** Work to be completed **
For the material that follows, return exactly the lines from the one with "sink.old) (K.faults sink.new) (view_degree_text" through the one with "let shown = view.has_lead();", both ends included.

Data to use: Begin

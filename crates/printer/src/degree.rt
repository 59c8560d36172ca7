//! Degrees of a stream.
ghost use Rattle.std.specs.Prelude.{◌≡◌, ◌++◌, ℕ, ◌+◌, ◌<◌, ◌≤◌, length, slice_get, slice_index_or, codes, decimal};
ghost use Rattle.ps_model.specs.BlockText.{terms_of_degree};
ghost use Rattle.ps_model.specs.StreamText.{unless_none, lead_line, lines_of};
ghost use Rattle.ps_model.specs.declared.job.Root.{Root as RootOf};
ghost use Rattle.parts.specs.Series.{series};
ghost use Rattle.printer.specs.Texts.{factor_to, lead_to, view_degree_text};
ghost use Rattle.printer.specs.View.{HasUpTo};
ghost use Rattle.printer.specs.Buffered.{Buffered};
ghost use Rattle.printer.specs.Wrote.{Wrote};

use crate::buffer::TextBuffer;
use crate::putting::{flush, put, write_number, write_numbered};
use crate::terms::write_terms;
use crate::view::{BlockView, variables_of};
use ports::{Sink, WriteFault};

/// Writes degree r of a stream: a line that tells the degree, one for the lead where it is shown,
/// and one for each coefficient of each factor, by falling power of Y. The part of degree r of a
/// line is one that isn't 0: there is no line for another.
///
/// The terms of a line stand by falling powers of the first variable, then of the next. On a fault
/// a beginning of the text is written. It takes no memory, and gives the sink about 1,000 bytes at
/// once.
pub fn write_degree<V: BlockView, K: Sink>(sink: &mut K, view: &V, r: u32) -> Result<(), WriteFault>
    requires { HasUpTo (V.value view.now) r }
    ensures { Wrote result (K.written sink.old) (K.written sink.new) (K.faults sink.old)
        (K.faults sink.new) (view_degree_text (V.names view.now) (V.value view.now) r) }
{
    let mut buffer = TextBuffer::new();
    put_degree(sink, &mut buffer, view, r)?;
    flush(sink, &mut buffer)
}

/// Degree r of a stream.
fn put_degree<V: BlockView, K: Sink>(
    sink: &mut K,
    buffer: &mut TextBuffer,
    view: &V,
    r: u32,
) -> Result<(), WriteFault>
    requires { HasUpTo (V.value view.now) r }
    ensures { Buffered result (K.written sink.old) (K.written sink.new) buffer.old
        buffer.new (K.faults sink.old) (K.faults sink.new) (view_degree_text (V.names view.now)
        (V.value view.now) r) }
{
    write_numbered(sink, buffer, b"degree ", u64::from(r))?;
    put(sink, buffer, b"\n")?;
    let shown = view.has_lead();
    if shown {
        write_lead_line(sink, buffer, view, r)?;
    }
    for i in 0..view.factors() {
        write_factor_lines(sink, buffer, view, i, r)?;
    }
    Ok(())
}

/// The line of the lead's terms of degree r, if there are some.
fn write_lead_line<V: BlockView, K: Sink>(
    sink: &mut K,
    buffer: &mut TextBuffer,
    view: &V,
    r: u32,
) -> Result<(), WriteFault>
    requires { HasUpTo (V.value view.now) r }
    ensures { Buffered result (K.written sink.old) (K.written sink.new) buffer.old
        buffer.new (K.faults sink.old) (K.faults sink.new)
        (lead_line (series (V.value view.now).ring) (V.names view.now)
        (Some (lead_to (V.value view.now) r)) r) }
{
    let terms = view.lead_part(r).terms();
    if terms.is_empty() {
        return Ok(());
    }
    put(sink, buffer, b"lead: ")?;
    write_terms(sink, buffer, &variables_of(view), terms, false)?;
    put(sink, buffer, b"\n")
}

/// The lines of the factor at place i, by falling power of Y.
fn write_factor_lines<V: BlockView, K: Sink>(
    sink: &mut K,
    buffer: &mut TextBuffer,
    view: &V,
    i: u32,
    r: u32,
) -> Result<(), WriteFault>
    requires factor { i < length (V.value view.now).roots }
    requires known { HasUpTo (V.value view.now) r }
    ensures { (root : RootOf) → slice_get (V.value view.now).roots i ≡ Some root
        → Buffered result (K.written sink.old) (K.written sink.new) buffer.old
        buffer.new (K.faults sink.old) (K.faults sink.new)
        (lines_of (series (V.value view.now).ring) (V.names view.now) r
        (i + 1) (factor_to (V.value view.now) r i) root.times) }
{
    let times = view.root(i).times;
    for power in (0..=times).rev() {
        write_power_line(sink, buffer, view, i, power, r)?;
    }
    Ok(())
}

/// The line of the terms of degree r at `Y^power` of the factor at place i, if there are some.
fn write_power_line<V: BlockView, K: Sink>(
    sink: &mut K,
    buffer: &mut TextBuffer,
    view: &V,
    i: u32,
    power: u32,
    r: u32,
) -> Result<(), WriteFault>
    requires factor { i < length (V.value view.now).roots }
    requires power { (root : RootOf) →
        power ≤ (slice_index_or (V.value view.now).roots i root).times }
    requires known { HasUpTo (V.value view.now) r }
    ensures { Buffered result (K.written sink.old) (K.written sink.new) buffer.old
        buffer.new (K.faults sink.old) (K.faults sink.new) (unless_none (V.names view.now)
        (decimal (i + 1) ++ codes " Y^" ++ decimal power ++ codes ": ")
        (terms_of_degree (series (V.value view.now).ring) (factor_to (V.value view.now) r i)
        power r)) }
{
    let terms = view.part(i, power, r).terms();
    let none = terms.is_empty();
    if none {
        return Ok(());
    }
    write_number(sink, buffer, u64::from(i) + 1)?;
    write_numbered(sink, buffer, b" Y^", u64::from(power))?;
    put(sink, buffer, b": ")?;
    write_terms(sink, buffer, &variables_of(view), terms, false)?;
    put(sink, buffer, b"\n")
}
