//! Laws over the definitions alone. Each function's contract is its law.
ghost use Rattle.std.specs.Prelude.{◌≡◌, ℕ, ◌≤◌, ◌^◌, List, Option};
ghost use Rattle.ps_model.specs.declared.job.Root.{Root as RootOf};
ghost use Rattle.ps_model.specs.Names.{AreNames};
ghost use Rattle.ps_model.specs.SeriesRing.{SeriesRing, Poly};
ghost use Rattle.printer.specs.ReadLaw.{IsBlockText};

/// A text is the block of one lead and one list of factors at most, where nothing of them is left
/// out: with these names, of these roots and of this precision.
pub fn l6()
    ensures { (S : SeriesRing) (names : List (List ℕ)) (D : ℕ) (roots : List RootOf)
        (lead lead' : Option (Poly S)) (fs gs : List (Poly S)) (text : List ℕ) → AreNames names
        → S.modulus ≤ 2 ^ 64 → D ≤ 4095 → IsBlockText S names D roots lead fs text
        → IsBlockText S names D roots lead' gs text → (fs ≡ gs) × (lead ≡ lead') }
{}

Data to use: End

** Answer space **
        buffer.new (K.faults sink.old) (K.faults sink.new) (view_degree_text (V.names view.now)
        (V.value view.now) r) }
{
    write_numbered(sink, buffer, b"degree ", u64::from(r))?;
    put(sink, buffer, b"\n")?;
    let shown = view.has_lead();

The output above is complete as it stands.